Perspective is a powerful teacher and I’ve had more cause to reflect this year than any year prior. Just as with the reflections on the lives of the "notable Americans" who passed, the stories and moments that others have been willing to share with me during this past year were powerful. Moments that were incredibly honest, sometimes shocking, always illuminating, and always a reminder of how complex we are as humans. I was grateful to hear, witness or experience these moments, so in honor of them, I'll end by envisioning a year in which the following might have happened. I would love to sit and talk about any or all of them, whether they happened to me or someone else, because if we let our life’s stories be heard, they might tell us what’s next.

This year…

…you might spend two hours in a snowy hot pool with your pre-teen daughter and her friend, having the conversation of a lifetime, while an entire bar full of twenty-something après skiers are just on the other side of the glass and you, not being a twenty-something, might start out feeling self-conscious (maybe it’s because you are in a bikini), but an hour in, you might look up into the sky, let the snowflakes fall and melt on your eyelashes and feel very, very happy to be your age and stage.

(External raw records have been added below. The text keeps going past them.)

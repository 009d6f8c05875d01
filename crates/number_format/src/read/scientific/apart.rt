//! Whether the separator of exponents is apart from digits and from other separators.
ghost use Rattle.std.specs.Prelude.{◌≡◌, ◌↔◌, ◌<◌, IsTrue};
ghost use Rattle.decimal_format.specs.Readable.{code, BeginsWith};
ghost use Rattle.number_format.specs.ScientificReading.{AreApart, IsSeparatorApart};

use crate::read::cut::{cut, cut_code};
use decimal_format::DecimalSymbols;

fn begins_code(symbols: &DecimalSymbols<'_>, index: u8, text: &[u8]) -> bool
    requires { index < 12 }
    ensures { IsTrue result ↔ BeginsWith (code symbols.now index) text.now }
{
    match index {
        10 => cut(symbols.decimal_separator().as_bytes(), text).is_some(),
        11 => cut(symbols.grouping_separator().as_bytes(), text).is_some(),
        _ => {
            let mut buffer = [0; 4];
            cut(
                symbols.digit(index).encode_utf8(&mut buffer).as_bytes(),
                text,
            )
            .is_some()
        }
    }
}

fn is_code_apart(symbols: &DecimalSymbols<'_>, index: u8, separator: &[u8]) -> bool
    requires { index < 12 }
    ensures { IsTrue result ↔ AreApart separator.now (code symbols.now index) }
{
    cut_code(symbols, index, separator).is_none() && !begins_code(symbols, index, separator)
}

pub(super) fn is_separator_apart(symbols: &DecimalSymbols<'_>, separator: &[u8]) -> bool
    ensures { IsTrue result ↔ IsSeparatorApart symbols.now separator.now }
{
    for index in 0..12 {
        if !is_code_apart(symbols, index, separator) {
            return false;
        }
    }
    true
}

You might sit at a dinner table with a woman who’s husband walked out on her, her boyfriend who’s daughter wanted to change her last name after he and her mother got divorced, and a husband and wife whose relationship led to the divorce from a close friend of yours (who obviously was not in attendance) and find yourself drinking champagne and talking about their crazy neighbor and too-spicy penne ala vodka.

You might have many EVCFs (Email Volley of Confusion and Frustration). So many in fact, that you might create an acronym for them.

You might receive a wildly expensive gift on a first date, making that (too bold of a move) the precursor to it being the last date, and secretly wonder if you could sell it on Ebay to pay your legal bills.

You might write your ex a manifesto on love, life, self and marriage that ends up falling on deaf ears, but you might save it and think you should present it to your next love and say, “This is what I want. Are you in?” You might think it’s silly to waste a good stream of consciousness.

The greatest two words all year might be “or not,” also known as: "not your responsibility."

You might feel so incredibly fucking excited about the life that is opening up all around you that you can't stop yourself from singing at the top of your lungs while driving down the street and wondering if the people in the neighboring cars are as happy as you are. You might think not.

You might be obsessed with all forms of electronic communication, so much so that you might experience the unfortunate event of someone accidently opening the bathroom stall and you not being sure what is more embarrassing — the texting or the partial nudity.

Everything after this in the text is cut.